Ripple Labs has officially filed a Form C appeal with the U.S. Court of Appeals for the Second Circuit, disputing a recent Securities and Exchange Commission (SEC) ruling on institutional XRP sales. This legal move contests the $125 million penalty imposed by the U.S. District Court for the Southern District of New York, arguing that XRP transactions do not meet the legal criteria for securities.
Ripple’s appeal challenges the application of the Howey Test—a legal standard used to identify investment contracts in securities cases. Ripple’s Chief Legal Officer, Stuart Alderoty, shared that the appeal argues the district court misinterpreted “investment contracts” as per the 1933 Securities Act. Ripple asserts that their institutional XRP sales:
Do not include any post-sale obligations to investors.

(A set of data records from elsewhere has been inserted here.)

//! JSON values, taken as the types that they are asked for.

ghost use Rattle.std.specs.Prelude.{◌≡◌, IfOk, IfSome, IsUtf8};
ghost use Rattle.std.specs.List.{All};
ghost use Rattle.serde_json.specs.View.{view};
ghost use Rattle.js_json.specs.Kinds.{as_whole, as_wholes, as_texts, as_time, is_something, FitsWord};

use crate::time::read_time;
use js_base::{Blob, List, Moment, NoMemory};
use serde_json::Value;
use std::alloc::Global;

/// An integer that fits 64 bits, with a sign or without.
pub(crate) fn whole(value: &Value) -> Option<i128>
    ensures value { result ≡ as_whole (view value.now) }
    ensures range { IfSome result FitsWord }
{
    match value.as_u64() {
        Some(n) => Some(i128::from(n)),
        None => value.as_i64().map(i128::from),
    }
}

/// A list of such integers. It takes memory for them.
pub(crate) fn all_wholes(alloc: Global, value: &Value) -> Result<Option<List<i128>>, NoMemory>
    ensures value { IfOk result (λ found. found ≡ as_wholes (view value.now)) }
    ensures range { IfOk result (λ found. IfSome found (All FitsWord)) }
{
    let Some(items) = value.as_array() else {
        return Ok(None);
    };
    let mut numbers = List::new(alloc);
    for item in items {
        match whole(item) {
            Some(number) => numbers.push(number)?,
            None => return Ok(None),
        }
    }
    Ok(Some(numbers))
}

/// A list of texts. It takes memory for them.
pub(crate) fn all_texts(alloc: Global, value: &Value) -> Result<Option<List<Blob>>, NoMemory>
    ensures value { IfOk result (λ found. found ≡ as_texts (view value.now)) }
    ensures utf8 { IfOk result (λ found. IfSome found (All IsUtf8)) }
{
    let Some(items) = value.as_array() else {
        return Ok(None);
    };
    let mut texts = List::new(alloc);
    for item in items {
        match item.as_str() {
            Some(text) => texts.push(Blob::of(alloc, text.as_bytes())?)?,
            None => return Ok(None),
        }
    }
    Ok(Some(texts))
}

/// A moment, in a text.
pub(crate) fn time(value: &Value) -> Option<Moment>
    ensures value { result ≡ as_time (view value.now) }
{
    match value.as_str() {
        Some(text) => read_time(text.as_bytes()),
        None => None,
    }
}

/// Whether the value is not null, no empty text and no empty list.
pub(crate) fn is_something(value: &Value) -> bool
    ensures value { result ≡ is_something (view value.now) }
{
    if let Some(text) = value.as_str() {
        return !text.is_empty();
    }
    if let Some(items) = value.as_array() {
        return !items.is_empty();
    }
    !value.is_null()
}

Lack a structure where profits are guaranteed by Ripple’s ongoing actions.
Ripple contends these omissions disqualify XRP sales from being securities transactions. This central argument questions the court’s finding that Ripple’s institutional sales constituted an “investment of money” in a “common enterprise,” criteria for securities under the Howey Test. Ripple Labs argues that, since XRP operates in a decentralized ecosystem, investor returns are not tied to Ripple’s performance alone.
Another significant element of Ripple’s appeal is its “fair notice” defense, asserting the SEC did not provide sufficient regulatory clarity before pursuing legal action. Ripple argues that the SEC’s enforcement approach lacked transparency, depriving companies of the opportunity to avoid infringement. Pro-XRP attorney Jeremy Hogan noted that a successful fair notice defense in Ripple’s case could set a strong precedent, potentially limiting the SEC’s enforcement authority over digital assets.

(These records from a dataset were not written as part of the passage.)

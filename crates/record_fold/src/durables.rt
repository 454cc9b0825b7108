//! What a volume holds, and a record of each kind. In a vacant place only a stream can be made.

ghost use Rattle.std.specs.Prelude.{◌≡◌, Some, OnOk, IfErr};
ghost use Rattle.effects.specs.Folding.{fold};
ghost use Rattle.effects.specs.declared.effect.Effect.TheVariants as effects;
ghost use Rattle.record_fold.specs.Changes.{effect_of};
ghost use Rattle.record_fold.specs.Entries.{AreOrderedIn, IsGivenIn, IsNew};
ghost use Rattle.record_fold.specs.Faults.{IsFoldFault};

use crate::change::Change;
use crate::fault::FoldFault;
use crate::streams::{
    change_consumer, drop_consumer, empty_body, make_consumer, number, put, remove, see,
};
use effects::Durable;
use js_base::{Blob, Moment};
use js_model::{Consumer, Message, StreamConfig};
use std::alloc::Global;

/// A new stream, which fits if there is none and the incarnation is the next.
pub(crate) fn make_stream(
    alloc: Global,
    durable: &mut Durable,
    incarnation: u64,
    made: Moment,
    config: StreamConfig,
) -> Result<(), FoldFault>
    ensures ok { OnOk result (fold durable.old (effects.MakeStream incarnation made config) ≡ Some durable.new) }
    ensures err { IfErr result (IsFoldFault durable.old (effects.MakeStream incarnation made config)) }
{
    if durable.body.is_some() {
        return Err(FoldFault::Misfit(0));
    }
    if durable.incarnation.checked_add(1) != Some(incarnation) {
        return Err(FoldFault::Misfit(1));
    }
    durable.incarnation = incarnation;
    durable.body = Some(empty_body(alloc, made, config));
    Ok(())
}

pub(crate) fn change_stream(durable: &mut Durable, config: StreamConfig) -> Result<(), FoldFault>
    ensures ok { OnOk result (fold durable.old (effects.ChangeStream config) ≡ Some durable.new) }
    ensures err { IfErr result (IsFoldFault durable.old (effects.ChangeStream config)) }
{
    let Some(body) = durable.body.as_mut() else {
        return Err(FoldFault::Misfit(0));
    };
    body.config = config;
    Ok(())
}

pub(crate) fn drop_stream(durable: &mut Durable) -> Result<(), FoldFault>
    ensures ok { OnOk result (fold durable.old effects.DropStream ≡ Some durable.new) }
    ensures err { IfErr result (IsFoldFault durable.old effects.DropStream) }
{
    if durable.body.is_none() {
        return Err(FoldFault::Misfit(0));
    }
    durable.body = None;
    Ok(())
}

pub(crate) fn put_message(
    durable: &mut Durable,
    message: Message,
    id: Blob,
) -> Result<(), FoldFault>
    ensures ok { OnOk result (fold durable.old (effects.PutHere message.seq message.at id message.subject message.headers message.payload) ≡ Some durable.new) }
    ensures err { IfErr result (IsFoldFault durable.old (effects.PutHere message.seq message.at id message.subject message.headers message.payload)) }
{
    let Some(body) = durable.body.as_mut() else {
        return Err(FoldFault::Misfit(0));
    };
    put(body, message, id)
}

pub(crate) fn skip(durable: &mut Durable, seq: u64, at: Moment, id: Blob) -> Result<(), FoldFault>
    ensures ok { OnOk result (fold durable.old (effects.Skip seq at id) ≡ Some durable.new) }
    ensures err { IfErr result (IsFoldFault durable.old (effects.Skip seq at id)) }
{
    let Some(body) = durable.body.as_mut() else {
        return Err(FoldFault::Misfit(0));
    };
    number(body, seq, at, id)
}

pub(crate) fn remove_range(
    alloc: Global,
    durable: &mut Durable,
    low: u64,
    high: u64,
) -> Result<(), FoldFault>
    ensures ok { OnOk result (fold durable.old (effects.Remove low high) ≡ Some durable.new) }
    ensures err { IfErr result (IsFoldFault durable.old (effects.Remove low high)) }
{
    let Some(body) = durable.body.as_mut() else {
        return Err(FoldFault::Misfit(0));
    };
    remove(alloc, body, low, high);
    Ok(())
}

/// A consumer to which nothing was sent.
pub(crate) fn add_consumer(
    alloc: Global,
    durable: &mut Durable,
    new: Consumer,
) -> Result<(), FoldFault>
    requires new { IsNew new }
    ensures ok { OnOk result (fold durable.old (effects.MakeConsumer new.name new.made new.config new.cursor new.picks) ≡ Some durable.new) }
    ensures err { IfErr result (IsFoldFault durable.old (effects.MakeConsumer new.name new.made new.config new.cursor new.picks)) }
{
    let Some(body) = durable.body.as_mut() else {
        return Err(FoldFault::Misfit(0));
    };
    make_consumer(alloc, body, new)
}

pub(crate) fn remove_consumer(
    alloc: Global,
    durable: &mut Durable,
    name: &Blob,
) -> Result<(), FoldFault>
    ensures ok { OnOk result (fold durable.old (effects.DropConsumer name.now) ≡ Some durable.new) }
    ensures err { IfErr result (IsFoldFault durable.old (effects.DropConsumer name.now)) }
{
    let Some(body) = durable.body.as_mut() else {
        return Err(FoldFault::Misfit(0));
    };
    drop_consumer(alloc, body, name)
}

/// A change of the consumer of a name.
pub(crate) fn change_named(
    alloc: Global,
    durable: &mut Durable,
    name: &Blob,
    change: Change,
) -> Result<(), FoldFault>
    requires ordered { AreOrderedIn durable.old }
    requires given { IsGivenIn change }
    ensures ok { OnOk result (fold durable.old (effect_of name.now change) ≡ Some durable.new) }
    ensures err { IfErr result (IsFoldFault durable.old (effect_of name.now change)) }
{
    let Some(body) = durable.body.as_mut() else {
        return Err(FoldFault::Misfit(0));
    };
    change_consumer(alloc, body, name, change)
}

/// A moment, which fits if none that is later was seen.
pub(crate) fn see_moment(
    alloc: Global,
    durable: &mut Durable,
    moment: Moment,
) -> Result<(), FoldFault>
    ensures ok { OnOk result (fold durable.old (effects.Now moment) ≡ Some durable.new) }
    ensures err { IfErr result (IsFoldFault durable.old (effects.Now moment)) }
{
    let Some(body) = durable.body.as_mut() else {
        return Err(FoldFault::Misfit(0));
    };
    if moment < body.moment {
        return Err(FoldFault::Misfit(1));
    }
    see(alloc, body, moment);
    Ok(())
}
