//! What a router that many callers share rests on; no program calls it. The laws of its runs, in which only the seat that opened a session
//! makes calls for it.
#![tactic(auto)]

mod laws;

pub use laws::{law_answered, law_joined, law_openers, law_routes, law_stays};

Ripple’s legal team seeks a de novo review of the case, which allows the appeals court to reconsider the district court’s interpretations without deferring to previous findings.
The company also contests a court injunction requiring Ripple to “follow the law,” describing it as too vague for practical compliance.
Ripple’s case holds substantial influence over the regulatory landscape for digital assets, with implications for how investment contracts may be classified. Ripple has also attracted heightened interest in XRP, particularly from asset managers exploring XRP-backed ETFs. Meanwhile, the SEC’s appeal continues in parallel, with its focus on XRP programmatic sales and Ripple executives’ alleged unregistered sales.
The upcoming court decision will clarify the SEC’s authority over crypto transactions, potentially shaping the future of digital asset regulation.